Why does helium fusion require a higher temperature than hydrogen fusion?

Answer 1

They are both in period 1, so have their valence electrons in the first energy level. However, helium has 2 protons in the nucleus holding on to those electrons. Hydrogen has only 1 proton holding the electrons. Thus it takes more energy to remove an electron from helium than from hydrogen.

Answer 2

Helium fusion requires a higher temperature than hydrogen fusion because helium nuclei have a greater positive charge and repel each other more strongly, requiring more energy to overcome this repulsion and fuse together. The higher temperature provides the necessary kinetic energy for helium nuclei to collide at high enough speeds to fuse.

Answer 3

This one will be easy to get your head around if we back up a bit. So let's. Ready? Jump with me. Atoms are formed of a nucleus and an electron or electrons, the electron(s) forming up in orbitals around that nucleus. At elevated temperatures, the electrons start to leave. At really elevated temperatures, all the electrons go on vacation because there is soooo much energy around that the electrons cannot stay in their orbits - or anywhere else around the neighborhood. Recall that there are three basic states of matter, and you know them as solids, liquids and gases. When things are superheated, a fourth state of matter forms - plasma. Guess what the sun is. Plasma! It's a big soup of plasma! And that's 'cause it's so very, very hot. Let's jump again. One way to look at the "stuff" on the sun is as a bunch of atomic nuclei. Make sense? All the electrons are on vacation and the nuclei are floating around in the plasma soup. Heck, they are the plasma soup. It's mostly hydrogen nuclei, which are mostly single protons. There's also some helium nuclei floating around. They're mostly two protons and two neutrons. Still with us? Good. Not far to go. Jump again. Fusion is the "smooshing together" of atomic nuclei and the "gluing together" of the joined bits to keep them together. Fusion. Simple and easy. When we "smoosh" hydrogen nuclei together to make helium, we smoosh two protons together (and a couple of neutrons). Protons are positively charged. And they don't like each other! Like charges repel, remember? But at high enough energies (high enough temperatures), we can force them together and fuse them, or the stars can. Now picture two helium atoms, each with its two protons and its neutrons. Which is harder: smooshing together two hydrogen nuclei, each with a positive charge, or smooshing together two helium atoms, each with twoprotons and some neutrons? Bingo! Helium smooshing is harder, and it can only occur under conditions of higher energy - higher temperatures. The threshold temperature of hydrogen fusion (sometimes called a proton-proton reaction) is on the order of 10,000,000 K to 14,000,000 K or 10 to 14 million degrees Kelvin. Blazing hot! But the threshold temperature for helium fusion is on the order of 100,000,000 K or 100 million degrees Kelvin! Wow! Get out your Raybans and the sunblock! Need links? You got 'em.

Answer 4

Because the helium nuclei needs to be moving faster than hydrogen nuclei to fuse. This requires higher temperatures and densities.

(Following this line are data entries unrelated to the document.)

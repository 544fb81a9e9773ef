//! The text of a file with some of its systems alone.

ghost use Rattle.std.specs.Prelude.{◌≡◌, ◌≢◌, ◌++◌, None, List, [], flat_map, IfOk, OnOk, IfSome, MatchOption};
ghost use Rattle.rtk_rinex.specs.Record.{EpochTableView};
ghost use Rattle.rtk_rinex.specs.MixedRecord.{mixed_record_text};
ghost use Rattle.rtk_rinex.specs.MixedRecords.{AreMixedLeft};
ghost use Rattle.rtk_rinex.specs.MixedTable.{MixedTable, IsMixedTable, mixed_table_text};
ghost use Rattle.rtk_cut.specs.Cut.{first_of_part};
ghost use Rattle.rtk_cut.specs.KeptSystems.{kept_codes, kept_epoch, keeps_some, kept_epochs, kept_table};
ghost use Rattle.rtk_cut.specs.Steps.MixedFile.{IsRecordIn};

use crate::kept_head::kept_head;
use arrayvec::ArrayVec;
use rtk_obs::GpsMs;
use rtk_rinex::{
    MixedRecordLines, MixedRecords, MixedRows, MixedTextTable, SystemFlags, mixed_header,
};
use std::alloc::{AllocError, Global};

// Has a record a satellite of these systems?
fn keeps_some(kept: SystemFlags, read: &MixedRows<'_>) -> bool
    ensures { (e : EpochTableView) → IsRecordIn read.now e → result ≡ keeps_some kept e }
{
    let mut rows = read.again();
    let mut observed = ArrayVec::new();
    while let Some(satellite) = rows.next_row(&mut observed) {
        if kept.has(satellite.system()) {
            return true;
        }
    }
    false
}

// The moment of the first record with a satellite of these systems, or else this one.
fn first_kept(kept: SystemFlags, records: MixedRecords<'_>, otherwise: GpsMs) -> GpsMs
    ensures { (epochs : List EpochTableView) → AreMixedLeft records.entry epochs → result ≡ first_of_part None otherwise (kept_epochs kept epochs) }
{
    let mut rest = records;
    while let Some(read) = rest.next() {
        if keeps_some(kept, &read) {
            return read.time();
        }
    }
    otherwise
}

// Adds the record with the satellites of these systems alone; nothing if it has none.
fn put_kept_record(
    text: &mut Vec<u8>,
    lines: &mut MixedRecordLines,
    kept: SystemFlags,
    read: &MixedRows<'_>,
) -> Result<(), AllocError>
    ensures { OnOk result ((e : EpochTableView) → IsRecordIn read.now e
        → text.new.items ≡ text.old.items ++ mixed_record_text read.now.form.doppler (kept_epoch kept e)) }
{
    let mut rows = read.again();
    let mut observed = ArrayVec::new();
    lines.restart_with(read.has_doppler());
    while let Some(satellite) = rows.next_row(&mut observed) {
        if kept.has(satellite.system()) {
            lines.push_row(satellite, observed.as_slice())?;
        }
    }
    lines.finish(read.time());
    text.extend_from_slice(lines.text())?;
    Ok(())
}

// Adds all records with the satellites of these systems alone.
fn put_kept_records(
    alloc: Global,
    text: &mut Vec<u8>,
    kept: SystemFlags,
    records: MixedRecords<'_>,
) -> Result<(), AllocError>
    ensures { OnOk result ((epochs : List EpochTableView) → AreMixedLeft records.entry epochs
        → text.new.items ≡ text.old.items ++ flat_map (mixed_record_text records.entry.form.doppler) (kept_epochs kept epochs)) }
{
    let mut lines = MixedRecordLines::new(alloc);
    let mut rest = records;
    while let Some(read) = rest.next() {
        put_kept_record(text, &mut lines, kept, &read)?;
    }
    Ok(())
}

/// The text of a file with some of its systems alone: their codes and their satellites. A record without such a
/// satellite is left out. The answer is `None` if the file has no code of these systems. As much memory is taken as the
/// file has bytes, and a header more.
pub fn keep_systems(
    alloc: Global,
    table: &MixedTextTable<'_>,
    kept: SystemFlags,
) -> Result<Option<Vec<u8>>, AllocError>
    // Fails only if memory is refused: tests/system/calls, row `keep_systems`.
    ensures text { IfOk result (λ narrow. (t : MixedTable) → IsMixedTable t → table.now.text ≡ mixed_table_text t
        → MatchOption narrow (kept_codes kept t.head.listed ≡ []) (λ text. text.items ≡ mixed_table_text (kept_table kept t))) }
    ensures some { IfOk result (λ narrow. (t : MixedTable) → IsMixedTable t → table.now.text ≡ mixed_table_text t
        → IfSome narrow (λ text. kept_codes kept t.head.listed ≢ [])) }
{
    let heading = table.heading();
    let Some(head) = kept_head(kept, &heading.head) else {
        return Ok(None);
    };
    let first = first_kept(kept, table.records(), heading.first);
    let top = mixed_header(alloc, &head, &heading.position, first)?;
    // What is kept is no longer than the file.
    let mut text = Vec::with_capacity(alloc, table.as_bytes().len())?;
    text.extend_from_slice(top.as_slice())?;
    put_kept_records(alloc, &mut text, kept, table.records())?;
    Ok(Some(text))
}
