//! The epochs of the messages that have a value.

ghost use Rattle.std.specs.Prelude.{◌≡◌, List, ℕ, [], ◌∷◌};
ghost use Rattle.rtk_survey.specs.Proposal.{begins_epoch};
ghost use Rattle.rtk_survey.specs.Contents.{epochs_so_far};

/// How many epochs there are, and the times of week of the first and the last one, in ms.
#[derive(Clone, Copy, Debug, PartialEq, Eq)]
pub struct Epochs {
    pub first: Option<u32>,
    pub last: Option<u32>,
    pub count: u64,
}

// 1 if an epoch begins with this time.
fn begins_epoch(before: Option<u32>, time: u32) -> u64
    ensures { result ≡ begins_epoch before time }
{
    match before {
        Some(before) => u64::from(before != time),
        None => 1,
    }
}

impl Epochs {
    /// No message came.
    pub(crate) fn new() -> Epochs
        ensures { result ≡ epochs_so_far [] }
    {
        Epochs {
            first: None,
            last: None,
            count: 0,
        }
    }

    /// The next message has this time; an epoch begins if it differs from the last one.
    pub(crate) fn note_time(&mut self, time: u32)
        ensures { (ts : List ℕ) → self.old ≡ epochs_so_far ts → self.new ≡ epochs_so_far (time ∷ ts) }
    {
        let begun = begins_epoch(self.last, time);
        self.count = self.count.saturating_add(begun);
        self.first = Some(self.first.unwrap_or(time));
        self.last = Some(time);
    }
}
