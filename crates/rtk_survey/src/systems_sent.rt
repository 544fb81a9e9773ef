//! The systems that a station sends.

ghost use Rattle.std.specs.Prelude.{◌≡◌, false, get_or};
ghost use Rattle.rtk_obs.specs.AnyCode.{number_of};
ghost use Rattle.rtk_obs.specs.Code.{place_of};
ghost use Rattle.rtk_survey.specs.BitMarks.{is_marked_in};
ghost use Rattle.rtk_survey.specs.UncheckedClocks as spec;

use crate::signals::CODES;
use crate::system_signals::AnyCodeMarks;
use rtk_message::System;
use rtk_obs::{ALL_ANY_CODES, ALL_CODES, AnyCode, Code, letter_of};

/// The systems that have a code with a value.
#[derive(Clone, Copy, Debug, PartialEq, Eq)]
pub struct SystemsSent {
    pub gps: bool,
    pub glonass: bool,
    pub galileo: bool,
    pub beidou: bool,
    pub qzss: bool,
    pub sbas: bool,
    pub navic: bool,
}

// Has a code a value, and is it of the system with this letter?
fn is_sent_code(letter: u8, marks: &AnyCodeMarks, code: AnyCode) -> bool
    ensures { result ≡ spec.is_sent_code letter (λ c. is_marked_in marks.now.words (number_of c)) code }
{
    letter_of(code.system()) == letter && marks.is_marked(code.number())
}

#[tactic(auto, unfolding(crate::specs::UncheckedClocks::sends_letter))]
fn sends_letter(letter: u8, marks: &AnyCodeMarks) -> bool
    ensures { result ≡ spec.sends_letter letter (λ c. is_marked_in marks.now.words (number_of c)) }
{
    ALL_ANY_CODES
        .iter()
        .any(|code| is_sent_code(letter, marks, *code))
}

fn is_marked_code(marks: &[bool; CODES], code: Code) -> bool
    ensures { result ≡ get_or marks.now (place_of code) false }
{
    marks[code.place()]
}

#[tactic(auto, unfolding(crate::specs::UncheckedClocks::sends_gps))]
fn sends_gps(marks: &[bool; CODES]) -> bool
    ensures { result ≡ spec.sends_gps (λ c. get_or marks.now (place_of c) false) }
{
    ALL_CODES.iter().any(|code| is_marked_code(marks, *code))
}

impl SystemsSent {
    /// Those of a station, by its codes of GPS and of other systems.
    #[tactic(auto, unfolding(crate::specs::UncheckedClocks::systems_sent))]
    pub(crate) fn of(codes: &[bool; CODES], others: &AnyCodeMarks) -> SystemsSent
        ensures { result ≡ spec.systems_sent (λ c. get_or codes.now (place_of c) false) (λ c. is_marked_in others.now.words (number_of c)) }
    {
        SystemsSent {
            gps: sends_gps(codes),
            glonass: sends_letter(b'R', others),
            galileo: sends_letter(b'E', others),
            beidou: sends_letter(b'C', others),
            qzss: sends_letter(b'J', others),
            sbas: sends_letter(b'S', others),
            navic: sends_letter(b'I', others),
        }
    }

    /// Is the system one of them?
    pub fn has(&self, system: System) -> bool
        ensures { result ≡ spec.is_sent self.now system }
    {
        match system {
            System::Gps => self.gps,
            System::Glonass => self.glonass,
            System::Galileo => self.galileo,
            System::Beidou => self.beidou,
            System::Qzss => self.qzss,
            System::Sbas => self.sbas,
            System::Navic => self.navic,
        }
    }

    /// Are clocks of the system to be compared with those of another one?
    pub(crate) fn time(&self, system: System) -> bool
        ensures { result ≡ spec.is_timed self.now system }
    {
        match system {
            System::Gps => false,
            System::Glonass | System::Beidou => true,
            System::Galileo => self.gps,
            System::Qzss => self.gps || self.galileo,
            System::Sbas => self.gps || self.galileo || self.qzss,
            System::Navic => self.gps || self.galileo || self.qzss || self.sbas,
        }
    }
}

Hydrogen has a small positive charge compared to helium and thus will have a weaker repulsion. A higher temperature is required to "push" the helium close enough to fuse. About 100 million degrees K compared to about 10 million degrees K for hydrogen.

The values get even higher for oxygen fusion, about 1.5 billion degrees K.

See related link for more information.

Answer 5

The helium atom has a greater nuclear charge, against which the electron must be pulled away.